There’s a couple of things worth stating at the outset of what I’m about to say. Firstly, Willie Hay has long been seen on ‘all sides of the house’ as a decent and honorable man. Two, these are early days for the Assembly and the Executive, not least for the second which finds itself directed by a much stronger alliance between the two major parties than was the case last time out. But last week’s events, as pointed out by Mark Durkan, raise serious questions about the capacity of Assembly to scrutinise that potentially much stronger government. In breaking an Assembly in session in response to a questionable point of order from the Minister for Finance, Mr Hay stated that he was seeking advice in order to protect the Assembly. From what he did not state, but in taking that query from one minister whilst another was speaking, he breached several rules of the Blue Book, which sets out the protocols of the house.
In fact one of the Speaker’s primary roles is to protect the Assembly from undue interference from the Executive. In all devolved matters the Executive is the government. This is more important than it sounds, because it is the Assembly’s job to represent the people in watching exactly what government is up to on their behalf.
This is already problematic in Northern Ireland, since the Assembly contains no Opposition. Nevertheless the Assembly, both in plenary and committee, is the only means of running the necessary checks and balances on the conduct of that government, before it passes legislation.
As I have said on a previous thread, people should not forget that governments can grind particularly hard when they move to action. Probity within the relationship between the Executive and the Assembly is ultimately crucial to establishing and maintaining the authenticity and authority of the Executive and its actions.

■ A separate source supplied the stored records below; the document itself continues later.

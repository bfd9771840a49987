//! Numbers of names, classes, objects and functions, each in its range.
ghost use Rattle.std.specs.Prelude.{◌≡◌, ◌<◌, ◌≤◌, ℕ, IfSome, IfNone};
ghost use Rattle.at_value.specs.Numbers as numbers;
ghost use Rattle.at_value.specs.Widths.{names, classes, objects, functions};

use std::marker::Model;

/// The number of an attribute name or of a text. The first five are the special names, which are looked up on classes.
#[derive(Clone, Copy, Debug, PartialEq, Eq, PartialOrd, Ord)]
pub struct Name(u16);

impl Model for Name {
    ghost Value = { ℕ };

    ghost view = { λ n. n.0 };

    ghost invariant = { λ n. n.0 < names };

    ghost inverse = { λ n. record { 0 = n } };
}

impl Name {
    /// How many names and texts a script may have, the five special names included.
    pub const COUNT: u16 = 4096;

    /// The name with this number, and none exactly from 4,096 on.
    pub fn new(n: u16) -> Option<Self>
        ensures some { IfSome result (λ name. (name ≡ n) × (n < names)) }
        ensures none { IfNone result (names ≤ n) }
    {
        if n < Self::COUNT { Some(Name(n)) } else { None }
    }

    /// The number of the name, from 0 to 4,095.
    pub fn number(self) -> u16
        ensures same { result ≡ self }
        ensures range { result < names }
    {
        self.0
    }

    /// `__get__`.
    pub fn descriptor_get() -> Name
        ensures { result ≡ numbers.descriptor_get }
    {
        Name(0)
    }

    /// `__set__`.
    pub fn descriptor_set() -> Name
        ensures { result ≡ numbers.descriptor_set }
    {
        Name(1)
    }

    /// `__delete__`.
    pub fn descriptor_delete() -> Name
        ensures { result ≡ numbers.descriptor_delete }
    {
        Name(2)
    }

    /// `__getattr__`.
    pub fn getattr() -> Name
        ensures { result ≡ numbers.getattr }
    {
        Name(3)
    }

    /// `__init__`.
    pub fn init() -> Name
        ensures { result ≡ numbers.init }
    {
        Name(4)
    }
}

/// The number of a class. Class 0 is `object`.
#[derive(Clone, Copy, Debug, PartialEq, Eq, PartialOrd, Ord)]
pub struct Class(u16);

impl Model for Class {
    ghost Value = { ℕ };

    ghost view = { λ n. n.0 };

    ghost invariant = { λ n. n.0 < classes };

    ghost inverse = { λ n. record { 0 = n } };
}

impl Class {
    /// How many classes there may be, `object` included.
    pub const COUNT: u16 = 255;

    /// The class with this number, and none exactly from 255 on.
    pub fn new(n: u16) -> Option<Self>
        ensures some { IfSome result (λ class. (class ≡ n) × (n < classes)) }
        ensures none { IfNone result (classes ≤ n) }
    {
        if n < Self::COUNT {
            Some(Class(n))
        } else {
            None
        }
    }

    /// The number of the class, from 0 to 254.
    pub fn number(self) -> u16
        ensures same { result ≡ self }
        ensures range { result < classes }
    {
        self.0
    }

    /// `object`, the class at the root of all.
    pub fn object() -> Class
        ensures { result ≡ numbers.object }
    {
        Class(0)
    }
}

/// The number of an object that is no class, by the order in which the objects were made.
#[derive(Clone, Copy, Debug, PartialEq, Eq, PartialOrd, Ord)]
pub struct Obj(u16);

impl Model for Obj {
    ghost Value = { ℕ };

    ghost view = { λ n. n.0 };

    ghost invariant = { λ n. n.0 < objects };

    ghost inverse = { λ n. record { 0 = n } };
}

impl Obj {
    /// How many objects there may be.
    pub const COUNT: u16 = 4096;

    /// The object with this number, and none exactly from 4,096 on.
    pub fn new(n: u16) -> Option<Self>
        ensures some { IfSome result (λ object. (object ≡ n) × (n < objects)) }
        ensures none { IfNone result (objects ≤ n) }
    {
        if n < Self::COUNT { Some(Obj(n)) } else { None }
    }

    /// The number of the object, from 0 to 4,095.
    pub fn number(self) -> u16
        ensures same { result ≡ self }
        ensures range { result < objects }
    {
        self.0
    }
}

/// The number of a function of the script.
#[derive(Clone, Copy, Debug, PartialEq, Eq, PartialOrd, Ord)]
pub struct Func(u16);

impl Model for Func {
    ghost Value = { ℕ };

    ghost view = { λ n. n.0 };

    ghost invariant = { λ n. n.0 < functions };

    ghost inverse = { λ n. record { 0 = n } };
}

impl Func {
    /// How many functions a script may have.
    pub const COUNT: u16 = 1024;

    /// The function with this number, and none exactly from 1,024 on.
    pub fn new(n: u16) -> Option<Self>
        ensures some { IfSome result (λ function. (function ≡ n) × (n < functions)) }
        ensures none { IfNone result (functions ≤ n) }
    {
        if n < Self::COUNT { Some(Func(n)) } else { None }
    }

    /// The number of the function, from 0 to 1,023.
    pub fn number(self) -> u16
        ensures same { result ≡ self }
        ensures range { result < functions }
    {
        self.0
    }
}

But there is already a sense that Ministers are treating the Assembly as a bit of a joke, by ignoring motions passed there and going ahead and doing their own departmental thing.
If the Assembly cannot lay Ministers open to scrutiny then how are the electorate to know whether they have done what they said they would? In theory, Ministers should come with some trepidation into the Chamber. In fact, some of them have come close to treating it with contempt.
Which brings us back to last week’s events. Mr Robinson’s point of order was knocked back after nearly 40 minutes of a hiatus. In that time, Mr Hay consulted with the head of the Civil Service in Northern Ireland, and is reported to have gone into a huddle with members of his own party.
There is good reason why he should have done neither such thing: one, the need to rigourously re-inforce a clear red line between the legislature and the government; the need for the Speaker to be seen to keep himself above party loyalties.
Whomever you blame for last week’s debacle, the fault lay somewhere within the Executive for not getting its business properly sorted out before entering the Chamber. In such circumstances the Speaker is the Assembly’s last line of defence. The best that can be said, is that the defences fully failed at this first time of asking.
Mr Hay, for all that he is an honourable man, needs to admit a certain coldness into his relations with party colleagues. It will be an immeasurable aid to him the next time the interests of the Executive so obviously clash with the interests of the Assembly he has been charged, ultimately by the whole electorate, to protect.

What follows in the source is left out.